I'll have a word with those who organise collections (usually my job, but not this time!) and see what they reckon. It might be that no-one has even thought of it.  

I think it could be the making of our year on the road together, as when I map read I do have a tendency to say "just follow that car in front" which I know the other half never appreciates!

Lesley


----------



## Rapide561

*Re: Map*



rayrecrok said:


> Rapide561 said:
> 
> 
> 
> Lesley
> 
> My advice is to hell with SatNav. Get a few good maps and guide books from charity shops and use websites such as www.vimichelin.com etc to find shortest, quickest, economical routes etc.
> 
> In my mind, SatNav is the worse thing ever invented.
> 
> Russell
> 
> 
> 
> Ludite.. :lol: ..
Click to expand...

Yes, I was born in Heckmondwike, a famous stomping ground of the Luddites.
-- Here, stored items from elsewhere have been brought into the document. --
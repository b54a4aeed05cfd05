//! Lines of the script, and what each asks for.
ghost use Rattle.std.specs.Prelude.{◌≤◌, length};

use crate::check::check;
use elem_descr::Refusal;
use script_lang::{parse, word};
use std::alloc::Global;
use std::process::Abort;

mod rows;
mod show;

use rows::{
    ARRAYS, COMPUTATIONS, DESCRIPTORS, INDEXES, LITERALS, NAMES, SILENT, STATEMENTS, VIEWS,
};
use show::says;

/// Whether this text says what a line asks for.
fn asks(alloc: Global, line: &[u8], text: &[u8]) -> bool
    requires { length line.now ≤ 65536 }
{
    let parsed = parse(alloc, line);
    let asks = says(alloc, text, &parsed);
    drop(parsed);
    asks
}

/// Reads each line of a table, and compares what it asks for with what the table says. A line for
/// which memory ran out is read again.
fn reads_table(alloc: Global, rt: &impl Abort, table: &[(&str, &str)]) {
    for (line, text) in table {
        assert!(rt; line.len() <= 65536);
        let is_read = asks(alloc, line.as_bytes(), text.as_bytes())
            || asks(alloc, line.as_bytes(), text.as_bytes());
        check(rt, is_read, line);
    }
}

#[test]
fn silent_lines_and_bad_bytes(rt: HostRuntime) {
    reads_table(rt.alloc(), &rt, SILENT)
}

#[test]
fn names(rt: HostRuntime) {
    reads_table(rt.alloc(), &rt, NAMES)
}

#[test]
fn descriptors(rt: HostRuntime) {
    reads_table(rt.alloc(), &rt, DESCRIPTORS)
}

#[test]
fn commands_that_make_arrays(rt: HostRuntime) {
    reads_table(rt.alloc(), &rt, ARRAYS)
}

#[test]
fn literals(rt: HostRuntime) {
    reads_table(rt.alloc(), &rt, LITERALS)
}

#[test]
fn indexes(rt: HostRuntime) {
    reads_table(rt.alloc(), &rt, INDEXES)
}

#[test]
fn commands_that_take_items(rt: HostRuntime) {
    reads_table(rt.alloc(), &rt, VIEWS)
}

#[test]
fn commands_that_compute(rt: HostRuntime) {
    reads_table(rt.alloc(), &rt, COMPUTATIONS)
}

#[test]
fn commands_that_bind_no_name(rt: HostRuntime) {
    reads_table(rt.alloc(), &rt, STATEMENTS)
}

#[test]
fn refusals_have_their_texts(rt: HostRuntime) {
    assert!(rt; word(Refusal::LineTooLong) == b"no E01 line too long".as_slice());
    assert!(rt;
        word(Refusal::ShapesDoNotBroadcast) == b"no E16 shapes do not broadcast".as_slice()
    );
    assert!(rt; word(Refusal::OutOfMemory) == b"no E40 out of memory".as_slice());
}
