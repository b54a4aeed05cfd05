//! The code and the text of each refusal.
use crate::check::check;
use elem_descr::Refusal;
use std::test::Fail;

const TEXTS: &[(Refusal, &str)] = &[
    (Refusal::LineTooLong, "E01 line too long"),
    (Refusal::ByteNotAllowed, "E02 byte not allowed"),
    (Refusal::Syntax, "E03 syntax"),
    (Refusal::BadDescriptor, "E04 bad descriptor"),
    (Refusal::DescriptorLeftOut, "E05 descriptor left out"),
    (Refusal::UnknownName, "E06 unknown name"),
    (Refusal::TooManyNames, "E07 too many names"),
    (Refusal::TooManyAxes, "E08 too many axes"),
    (Refusal::TooLarge, "E09 too large"),
    (Refusal::TooManyIndices, "E10 too many indices"),
    (Refusal::IndexOutOfRange, "E11 index out of range"),
    (Refusal::ZeroStep, "E12 zero step"),
    (Refusal::MaskLengths, "E13 mask lengths"),
    (Refusal::NotAnIndexType, "E14 not an index type"),
    (Refusal::IndexShapes, "E15 index shapes"),
    (Refusal::ShapesDoNotBroadcast, "E16 shapes do not broadcast"),
    (Refusal::BadAxis, "E17 bad axis"),
    (Refusal::BadReshape, "E18 bad reshape"),
    (Refusal::NoSuchField, "E19 no such field"),
    (Refusal::ReadOnly, "E20 read-only"),
    (Refusal::NeedsFloats, "E21 needs floats"),
    (Refusal::NotForThisKind, "E22 not for this kind"),
    (Refusal::LiteralOutOfRange, "E23 literal out of range"),
    (Refusal::NotSameKind, "E24 not same kind"),
    (Refusal::EmptyReduction, "E25 empty reduction"),
    (Refusal::NothingToUndo, "E26 nothing to undo"),
    (Refusal::StoreFault, "E27 store fault"),
    (Refusal::BadMagic, "E28 bad magic"),
    (Refusal::BadVersion, "E29 bad version"),
    (Refusal::BadHeader, "E30 bad header"),
    (Refusal::Truncated, "E31 truncated"),
    (Refusal::NumberOfValues, "E32 number of values"),
    (Refusal::NoSuchCast, "E33 no such cast"),
    (Refusal::NoSuchFile, "E34 no such file"),
    (Refusal::FileTooLong, "E35 file too long"),
    (Refusal::OutOfMemory, "E40 out of memory"),
];

#[test]
fn texts(rt: HostRuntime) -> Result<(), Fail> {
    for (refusal, text) in TEXTS {
        let shown = format!(in rt.alloc(); "{refusal}")?;
        check(&rt, shown.as_str() == *text, text);
    }
    Ok(())
}
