//! Items as NumPy's `numpy.arange` makes them, where it takes the same.
use crate::check::check;
use crate::literals::{Made, is_as_told};
use crate::made::command_of;
use elem_descr::Refusal::{LiteralOutOfRange, TooLarge, ZeroStep};
use elem_descr::{Refusal, Scalar, typestr_read};
use literal_items::{range_block, range_len};
use script_lang::{Command, NewItems, Value};
use std::alloc::Global;
use std::process::Abort;

/// The arguments of `arange`, and the expected result.
const LINES: &[(&str, Made)] = &[
    ("|i1 0 201 100", Err(LiteralOutOfRange)),
    ("|i1 0 200 100", Ok(&[0, 100])),
    ("<i2 0 5 1", Ok(&[0, 0, 1, 0, 2, 0, 3, 0, 4, 0])),
    (">i2 5 0 -2", Ok(&[0, 5, 0, 3, 0, 1])),
    ("<i4 3 3 1", Ok(&[])),
    ("<i4 3 9 -1", Ok(&[])),
    ("|u1 250 257 5", Ok(&[250, 255])),
    ("|i1 1 -7 -999999999999999999999999999999", Ok(&[1])),
    ("<i8 0 999999999999999999999999999999 1", Err(TooLarge)),
    ("|u1 0 16777217 1", Err(TooLarge)),
    ("|u1 0 16777216 1", Err(LiteralOutOfRange)),
    ("<i4 0 5 0", Err(ZeroStep)),
    ("<i4 5 5 0", Err(ZeroStep)),
];

/// The numbers of a range as items.
fn range(
    alloc: Global,
    scalar: &Scalar,
    start: &i128,
    stop: &i128,
    step: &i128,
) -> Result<Vec<u8>, Refusal> {
    if matches!(scalar, Scalar::Bytes(_)) {
        return Err(Refusal::NotForThisKind);
    }
    let block = range_block(alloc, scalar, start, stop, step)?;
    let mut bytes = Vec::new(alloc);
    bytes.extend_from_slice(block.bytes())?;
    Ok(bytes)
}

fn range_of(alloc: Global, command: &Command) -> Result<Vec<u8>, Refusal> {
    let Command::Bind {
        value: Value::Make {
            descr,
            items: NewItems::Arange { start, stop, step },
        },
        ..
    } = command
    else {
        return Err(Refusal::Syntax);
    };
    let scalar = typestr_read(descr.as_slice())?;
    range(alloc, &scalar, start, stop, step)
}

/// What a row of the table makes.
fn made(rt: &impl Abort, alloc: Global, text: &str) -> Result<Vec<u8>, Refusal> {
    let command = command_of(rt, alloc, "arange", text)?;
    let made = range_of(alloc, &command);
    drop(command);
    made
}

#[test]
fn ranges_as_bytes(rt: HostRuntime) {
    for (line, told) in LINES {
        let made = made(&rt, rt.alloc(), line);
        check(&rt, is_as_told(&made, told), line);
    }
}

/// Ranges whose length overflows an `i128`.
#[test]
fn the_longest_step(rt: HostRuntime) {
    let (least, greatest) = (i128::MIN, i128::MAX);
    assert!(rt; range_len(&least, &greatest, &greatest) == Ok(3));
    assert!(rt; range_len(&greatest, &least, &least) == Ok(2));
}
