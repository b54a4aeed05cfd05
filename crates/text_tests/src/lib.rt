//! Tests of what the crates of texts read, write and print: rows with values from outside.
#![tactic(auto)]

#[cfg(test)]
mod check;
#[cfg(test)]
mod descriptors;
#[cfg(test)]
mod files;
#[cfg(test)]
mod formats;
#[cfg(test)]
mod headers;
#[cfg(test)]
mod lines;
#[cfg(test)]
mod literals;
#[cfg(test)]
mod made;
#[cfg(test)]
mod numbers;
#[cfg(test)]
mod printed;
#[cfg(test)]
mod ranges;
#[cfg(test)]
mod refusals;
#[cfg(test)]
mod saved;
#[cfg(test)]
mod type_strings;
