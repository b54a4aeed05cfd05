//! Type strings, read as NumPy reads them, and written.
use crate::check::check;
use elem_descr::{Order, Refusal, Scalar, Width, typestr_read, typestr_write};
use std::test::Fail;

const REFUSED: &[(&str, Refusal)] = &[
    ("?", Refusal::BadDescriptor),
    ("", Refusal::BadDescriptor),
    ("<", Refusal::BadDescriptor),
    ("<i3", Refusal::BadDescriptor),
    ("<<i4", Refusal::BadDescriptor),
    ("!i4", Refusal::BadDescriptor),
    ("b2", Refusal::BadDescriptor),
    ("u16", Refusal::BadDescriptor),
    ("i04", Refusal::BadDescriptor),
    ("S-1", Refusal::BadDescriptor),
    ("S5x", Refusal::BadDescriptor),
    ("s5", Refusal::BadDescriptor),
    ("<f4", Refusal::DescriptorLeftOut),
    ("c16", Refusal::DescriptorLeftOut),
    ("<M8[ns]", Refusal::DescriptorLeftOut),
    ("|O", Refusal::DescriptorLeftOut),
    ("<U3", Refusal::DescriptorLeftOut),
    ("|V2", Refusal::DescriptorLeftOut),
    ("|S0", Refusal::DescriptorLeftOut),
    ("S", Refusal::DescriptorLeftOut),
    ("S65537", Refusal::TooLarge),
    ("S99999999999999999999999999999999", Refusal::TooLarge),
];

const WRITTEN: &[(&str, &str)] = &[
    ("|b1", "|b1"),
    ("<i1", "|i1"),
    ("u1", "|u1"),
    ("|i2", "<i2"),
    (">i4", ">i4"),
    ("=i8", "<i8"),
    ("u2", "<u2"),
    (">u8", ">u8"),
    (">S5", "|S5"),
    ("|S00065536", "|S65536"),
];

fn integer(signed: bool, width: Width, order: Order) -> Scalar {
    Scalar::Int {
        signed,
        width,
        order,
    }
}

#[test]
fn numbers_as_numpy_reads_them(rt: HostRuntime) {
    let table = [
        ("b1", Scalar::Bool),
        ("<b1", Scalar::Bool),
        ("|i1", Scalar::Byte { signed: true }),
        (">u1", Scalar::Byte { signed: false }),
        ("<i4", integer(true, Width::Four, Order::Little)),
        (">i4", integer(true, Width::Four, Order::Big)),
        ("=u8", integer(false, Width::Eight, Order::Little)),
        ("|u2", integer(false, Width::Two, Order::Little)),
        (">i8", integer(true, Width::Eight, Order::Big)),
        ("i2", integer(true, Width::Two, Order::Little)),
    ];
    for (text, scalar) in table {
        check(&rt, typestr_read(text.as_bytes()) == Ok(scalar), text);
    }
}

#[test]
fn refused_type_strings(rt: HostRuntime) {
    for (text, refusal) in REFUSED {
        check(&rt, typestr_read(text.as_bytes()) == Err(*refusal), text);
    }
}

#[test]
fn written_type_strings(rt: HostRuntime) -> Result<(), Fail> {
    for (text, want) in WRITTEN {
        let scalar = typestr_read(text.as_bytes())?;
        let written = typestr_write(rt.alloc(), scalar)?;
        check(&rt, written.as_slice() == want.as_bytes(), text);
    }
    Ok(())
}
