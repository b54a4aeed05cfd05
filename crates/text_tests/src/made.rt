//! Arrays and commands for tests.
use crate::check::check;
use elem_descr::{Descr, Refusal, descr_read};
use raw_block::RawBlock;
use script_lang::{Command, parse};
use shape_strides::{Layout, Shape, Strides};
use std::alloc::Global;
use std::process::Abort;

/// The lengths of the axes, the bytes that they step over, and the first offset.
pub type Numbers = (&'static [usize], &'static [isize], usize);

/// Items of a block.
#[derive(Drop)]
pub struct Array {
    pub descr: Descr,
    pub layout: Layout,
    pub block: RawBlock,
}

fn layout_of(rt: &impl Abort, alloc: Global, numbers: Numbers) -> Result<Layout, Refusal> {
    let (lengths, steps, offset) = numbers;
    let shape = Shape::try_new(alloc, lengths)?;
    let strides = Strides::from_slice(alloc, steps)?;
    let count = strides.as_slice().len();
    check(rt, count == shape.as_slice().len(), "a stride an axis");
    Ok(Layout::new(shape, strides, offset).expect(rt, "no layout"))
}

/// The items of a block of these bytes, with a descriptor as a script gives it.
pub fn array_of(
    rt: &impl Abort,
    alloc: Global,
    descr: &str,
    numbers: Numbers,
    bytes: &[u8],
) -> Result<Array, Refusal> {
    let block = RawBlock::try_copied(alloc, bytes)?;
    let layout = layout_of(rt, alloc, numbers)?;
    let descr = descr_read(alloc, descr.as_bytes())?;
    Ok(Array {
        descr,
        layout,
        block,
    })
}

fn c_order(
    rt: &impl Abort,
    alloc: Global,
    descr: &Descr,
    lengths: &[usize],
) -> Result<Layout, Refusal> {
    let shape = Shape::try_new(alloc, lengths)?;
    check(rt, shape.items() <= 16, "few items");
    Ok(Layout::c_order(alloc, &shape, descr.size())?)
}

/// The items of such a block, one after another in C order.
pub fn c_order_of(
    rt: &impl Abort,
    alloc: Global,
    descr: &str,
    lengths: &[usize],
    bytes: &[u8],
) -> Result<Array, Refusal> {
    let block = RawBlock::try_copied(alloc, bytes)?;
    let descr = descr_read(alloc, descr.as_bytes())?;
    let layout = c_order(rt, alloc, &descr, lengths)?;
    Ok(Array {
        descr,
        layout,
        block,
    })
}

/// What a line asks for that makes `a` by this word and what follows it.
pub fn command_of(
    rt: &impl Abort,
    alloc: Global,
    word: &str,
    rest: &str,
) -> Result<Command, Refusal> {
    let line = format!(in alloc; "a = {word} {rest}")?;
    let bytes = line.as_bytes();
    check(rt, bytes.len() <= 65536, "a short line");
    parse(alloc, bytes)?.ok_or(Refusal::Syntax)
}
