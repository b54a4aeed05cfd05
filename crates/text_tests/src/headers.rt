//! Headers of NPY files, read as `numpy.lib.format` has them, and refused in the order of the reader.
use crate::check::check;
use elem_descr::{Refusal, format_write};
use npy_files::header_read;
use std::alloc::Global;
use std::process::Abort;
use std::test::Fail;

/// A header, the format text of its element type, whether the items are in Fortran order, and the shape.
const READ: &[(&str, &str, bool, &[usize])] = &[
    (
        "{'descr': '<i4', 'fortran_order': False, 'shape': (3,), }",
        "<i",
        false,
        &[3],
    ),
    (
        "{\"shape\": (3L,), \"fortran_order\": False, \"descr\": \"<i4\"}",
        "<i",
        false,
        &[3],
    ),
    (
        "{'descr': '<i4', 'fortran_order': True, 'shape': (2, 3), }",
        "<i",
        true,
        &[2, 3],
    ),
    (
        "{'descr': [('x', '<i4'), ('y', '>i2')], 'fortran_order': False, 'shape': (1,), }",
        "T{<i:x:>h:y:}",
        false,
        &[1],
    ),
    (
        "{'descr': [('x', '|i1'), ('', '|V3'), ('s', [('y', '<i4')])], 'fortran_order': False, 'shape': (), }",
        "T{<b:x:3xT{<i:y:}:s:}",
        false,
        &[],
    ),
    (
        "\n{ 'shape':(0 , 5,),\t'fortran_order':False,'descr':'|S5'}\r\n",
        "<5s",
        false,
        &[0, 5],
    ),
];

/// Headers by the refusal.
const REFUSED: &[(Refusal, &[&str])] = &[
    (
        Refusal::BadHeader,
        &[
            "",
            "{}",
            "{'descr': '<i4', 'fortran_order': False}",
            "{'descr': '<i4', 'fortran_order': False, 'shape': (-1,)}",
            "{'descr': '<i4', 'fortran_order': False, 'shape': (03,)}",
            "{'descr': '<i4', 'fortran_order': False, 'shape': (3)}",
            "{'descr': '<i4', 'fortran_order': False, 'shape': [3]}",
            "{'descr': '<i4', 'fortran_order': 0, 'shape': (3,)}",
            "{'shape': (3,), 'descr': '<i4', 'fortran_order': False, 'shape': (3,)}",
            "{'descr': '<f8', 'fortran_order': False, 'shape': (3,), 'x': 1}",
            "{'descr': u'<i4', 'fortran_order': False, 'shape': (3,)}",
            "{'descr': '<i4', 'fortran_order': False, 'shape': (3,)} x",
            "{'descr': [[[[[[[[[[[[[[[[]]]]]]]]]]]]]]]], 'fortran_order': False, 'shape': (3,)}",
        ],
    ),
    (
        Refusal::BadDescriptor,
        &[
            "{'descr': 3, 'fortran_order': False, 'shape': (3,)}",
            "{'descr': {}, 'fortran_order': False, 'shape': (3,)}",
            "{'descr': '<i3', 'fortran_order': False, 'shape': (3,)}",
            "{'descr': [('x', '<i4'), ('x', '<i4')], 'fortran_order': False, 'shape': (3,)}",
        ],
    ),
    (
        Refusal::DescriptorLeftOut,
        &[
            "{'descr': '<f8', 'fortran_order': False, 'shape': (16777217,)}",
            "{'descr': [], 'fortran_order': False, 'shape': (3,)}",
            "{'descr': [('x', '<i4', (2,))], 'fortran_order': False, 'shape': (3,)}",
            "{'descr': [('x', '<i4'), ('x', '<f4')], 'fortran_order': False, 'shape': (3,)}",
            "{'descr': [[[[[[[[[[[[[[[]]]]]]]]]]]]]]], 'fortran_order': False, 'shape': (3,)}",
            "{'descr': [('x', '|V65537')], 'fortran_order': False, 'shape': (3,)}",
        ],
    ),
    (
        Refusal::TooLarge,
        &[
            "{'descr': [('', '|V65537')], 'fortran_order': False, 'shape': (3,)}",
            "{'descr': '<i4', 'fortran_order': False, 'shape': (16777217,)}",
            "{'descr': '<i4', 'fortran_order': False, 'shape': (0, 16777217)}",
            "{'descr': '<i4', 'fortran_order': False, 'shape': (4096, 8192)}",
        ],
    ),
];

#[test]
fn headers_that_are_read(rt: HostRuntime) -> Result<(), Fail> {
    for (text, format, fortran, shape) in READ {
        let header = header_read(rt.alloc(), text.as_bytes())?;
        let written = format_write(rt.alloc(), &header.descr)?;
        check(&rt, written.as_slice() == format.as_bytes(), text);
        check(&rt, header.fortran == *fortran, text);
        check(&rt, header.shape.as_slice() == *shape, text);
    }
    Ok(())
}

fn are_refused(rt: &impl Abort, alloc: Global, refusal: Refusal, texts: &[&str]) {
    for text in texts {
        let found = header_read(alloc, text.as_bytes()).err();
        check(rt, found == Some(refusal), text);
    }
}

#[test]
fn headers_that_are_refused(rt: HostRuntime) {
    for (refusal, texts) in REFUSED {
        are_refused(&rt, rt.alloc(), *refusal, texts);
    }
}
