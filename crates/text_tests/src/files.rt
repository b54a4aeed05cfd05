//! NPY files that are read, and stores of files.
ghost use Rattle.std.specs.Prelude.{◌≤◌, length};

use crate::check::check;
use elem_descr::Refusal;
use npy_files::{FileParts, FuseStore, MemStore, NpyStore, StoreFault, npy_load, npy_read};
use raw_block::RawBlock;
use std::alloc::Global;
use std::process::Abort;
use std::test::Fail;

/// Three integers, in a file of version 2.0, with a byte behind them.
const FILE: &[u8] =
    b"\x93NUMPY\x02\x00\x39\x00\x00\x00{\"shape\": (3L,), \"fortran_order\": False, \"descr\": \"<i4\"}\n\x01\x00\x00\x00\x02\x00\x00\x00\x03\x00\x00\x00\xff";

const ITEMS: &[u8] = b"\x01\x00\x00\x00\x02\x00\x00\x00\x03\x00\x00\x00";

#[test]
fn a_file_of_version_two(rt: HostRuntime) -> Result<(), Fail> {
    let (array, rest) = npy_read(rt.alloc(), FILE)?;
    assert!(rt; rest == 1);
    assert!(rt; array.block.bytes() == ITEMS);
    assert!(rt; array.layout.shape.as_slice() == [3usize].as_slice());
    Ok(())
}

fn refusal(alloc: Global, file: &[u8]) -> Option<Refusal> {
    npy_read(alloc, file).err()
}

#[test]
fn files_that_are_cut(rt: HostRuntime) {
    for len in 0..FILE.len() {
        let wanted = match len {
            0..=5 => Some(Refusal::BadMagic),
            81 => None,
            _ => Some(Refusal::Truncated),
        };
        assert!(rt; refusal(rt.alloc(), &FILE[..len]) == wanted, "at {len}");
    }
}

/// How many bytes are behind the items of a file whose first `cut` bytes are its first part.
fn load_cut(rt: &impl Abort, alloc: Global, file: &[u8], cut: usize) -> Result<usize, Refusal>
    requires { cut ≤ length file.now }
{
    let front = Vec::from_slice(alloc, &file[..cut])?;
    let block = RawBlock::try_copied(alloc, &file[cut..])?;
    let (array, rest) = npy_load(alloc, FileParts { front, block })?;
    check(rt, array.block.bytes() == ITEMS, "the items");
    Ok(rest)
}

/// Wherever a file is cut in two, it is the same file, with a byte behind its items or without.
#[test]
fn files_in_two_parts(rt: HostRuntime) {
    for cut in 0..81 {
        let whole = load_cut(&rt, rt.alloc(), &FILE[..81], cut);
        let more = load_cut(&rt, rt.alloc(), FILE, cut);
        let short = load_cut(&rt, rt.alloc(), &FILE[..80], cut.min(80));
        let wanted = (Ok(0), Ok(1), Err(Refusal::Truncated));
        assert!(rt; (whole, more, short) == wanted, "at {cut}");
    }
}

#[test]
fn files_that_are_refused(rt: HostRuntime) {
    let version = refusal(rt.alloc(), b"\x93NUMPY\x03\x00");
    check(&rt, version == Some(Refusal::BadVersion), "a version");
    let long = refusal(rt.alloc(), b"\x93NUMPY\x02\x00\x01\x00\x10\x00");
    check(&rt, long == Some(Refusal::TooLarge), "too long");
}

/// A store has this file under a name, or none.
pub fn has_file<N: NpyStore>(
    rt: &impl Abort,
    alloc: Global,
    store: &mut N,
    name: &[u8],
    bytes: Option<&[u8]>,
) -> Result<(), StoreFault> {
    let found = store.read(alloc, name)?;
    check(rt, found.as_deref() == bytes, "what a file has");
    Ok(())
}

#[test]
fn a_store_in_memory(rt: HostRuntime) -> Result<(), Fail> {
    let mut store = MemStore::new(rt.alloc(), 4);
    store.write(rt.alloc(), b"a", b"one")?;
    store.write(rt.alloc(), b"b", b"two")?;
    store.write(rt.alloc(), b"a", b"new")?;
    has_file(&rt, rt.alloc(), &mut store, b"a", Some(b"new"))?;
    has_file(&rt, rt.alloc(), &mut store, b"b", Some(b"two"))?;
    has_file(&rt, rt.alloc(), &mut store, b"c", None)?;
    let long = store.write(rt.alloc(), b"a", b"three");
    check(&rt, long == Err(StoreFault::TooLong), "too long");
    Ok(())
}

/// The two parts of a file are these bytes, one part behind the other.
fn has_parts<N: NpyStore>(
    rt: &impl Abort,
    alloc: Global,
    store: &mut N,
    name: &[u8],
    bytes: &[u8],
) -> Result<(), StoreFault> {
    let Some(FileParts { front, block }) = store.read_parts(alloc, name)? else {
        panic!(rt; "no file");
    };
    let rest = bytes.strip_prefix(front.as_slice());
    check(rt, rest == Some(block.bytes()), "the parts of a file");
    Ok(())
}

/// Files in two parts, in a store in memory of which the second call fails.
#[test]
fn two_parts_in_memory(rt: HostRuntime) -> Result<(), Fail> {
    let mut store = FuseStore::new(rt.alloc(), 6, 1);
    store.write_parts(rt.alloc(), b"a", b"one", b"two")?;
    let failed = store.read_parts(rt.alloc(), b"a").err();
    check(&rt, failed == Some(StoreFault::Device), "a fault");
    has_file(&rt, rt.alloc(), &mut store, b"a", Some(b"onetwo"))?;
    let long = store.write_parts(rt.alloc(), b"a", b"one", b"four");
    check(&rt, long == Err(StoreFault::TooLong), "too long");
    has_parts(&rt, rt.alloc(), &mut store, b"a", b"onetwo")?;
    Ok(())
}

#[test]
fn a_store_that_fails_once(rt: HostRuntime) -> Result<(), Fail> {
    let mut store = FuseStore::new(rt.alloc(), 100, 1);
    store.write(rt.alloc(), b"a", b"one")?;
    let failed = store.write(rt.alloc(), b"a", b"two");
    assert!(rt; failed == Err(StoreFault::Device));
    has_file(&rt, rt.alloc(), &mut store, b"a", Some(b"one"))?;
    store.write(rt.alloc(), b"a", b"two")?;
    Ok(())
}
My map cannot fail to work. Map map will not get broken. Thieves are unlikely to smash a window for a £1.99 ASDA map. Print outs from Google earch and so on can even show all petrol stations and so on...and if I get lost, it is my fault, not the woman in the talking device.

Russell

Edit - I will also add that I find planning the route to be part of the fun. Every night when I worked in the coach industry, we (driver and I) would get together the night before with a map and a pint and plan the next day etc.


----------



## jhelm

I also use our nav on trips where I know the route just to keep track of distance to destination ETA, etc. In our car on such trips it tells me how many kilometers to our destination and the car tells us how far we can go on the amount of gas in the tank; takes out the guess work of deciding when to gas up. Yeah I know when the needle points to empty gas up you don't have to remind me. But say we see that we will be close to empty when we arrive in Milan we might decide to get fuel along the way where it's more convenient.


----------



## jhelm

*Re: Map*



Rapide561 said:


> rayrecrok said:
> 
> 
> 
> 
> 
> Rapide561 said:
> 
> 
> 
> Lesley
> 
> My advice is to hell with SatNav. Get a few good maps and guide books from charity shops and use websites such as www.vimichelin.com etc to find shortest, quickest, economical routes etc.
> 
> In my mind, SatNav is the worse thing ever invented.
> 
> Russell
> 
> 
> 
> Ludite.. :lol: ..
> 
> Click to expand...
> 
> Yes, I was born in Heckmondwike, a famous stomping ground of the Luddites.
> 
> My map cannot fail to work. Map map will not get broken. Thieves are unlikely to smash a window for a £1.99 ASDA map. Print outs from Google earch and so on can even show all petrol stations and so on...and if I get lost, it is my fault, not the woman in the talking device.
> 
> Russell
> 
> Edit - I will also add that I find planning the route to be part of the fun. Every night when I worked in the coach industry, we (driver and I) would get together the night before with a map and a pint and plan the next day etc.
Click to expand...

Lets say you do get lost no matter who's fault it is does one of your maps tell you where you are assuming there are no handy road signs, city names etc. Just giving you a hard time. Nothing wrong with sticking to maps if one is comfortable with them.


----------



## Lesleykh

I know one thing these days - I can barely read the maps and we have to stop, find reading glasses, sometimes torches... I'm liking the sound of this SAT NAV lark more and more.

We will take lots of maps still and language books, because that's what HE does. He will forego clothes for the year to squeeze in language books. I am staring at an 8 ft double stacked shelf of them in the study at the moment and the accompnaying 50 or so maps. I think we may need a roof box or a trailer just for them.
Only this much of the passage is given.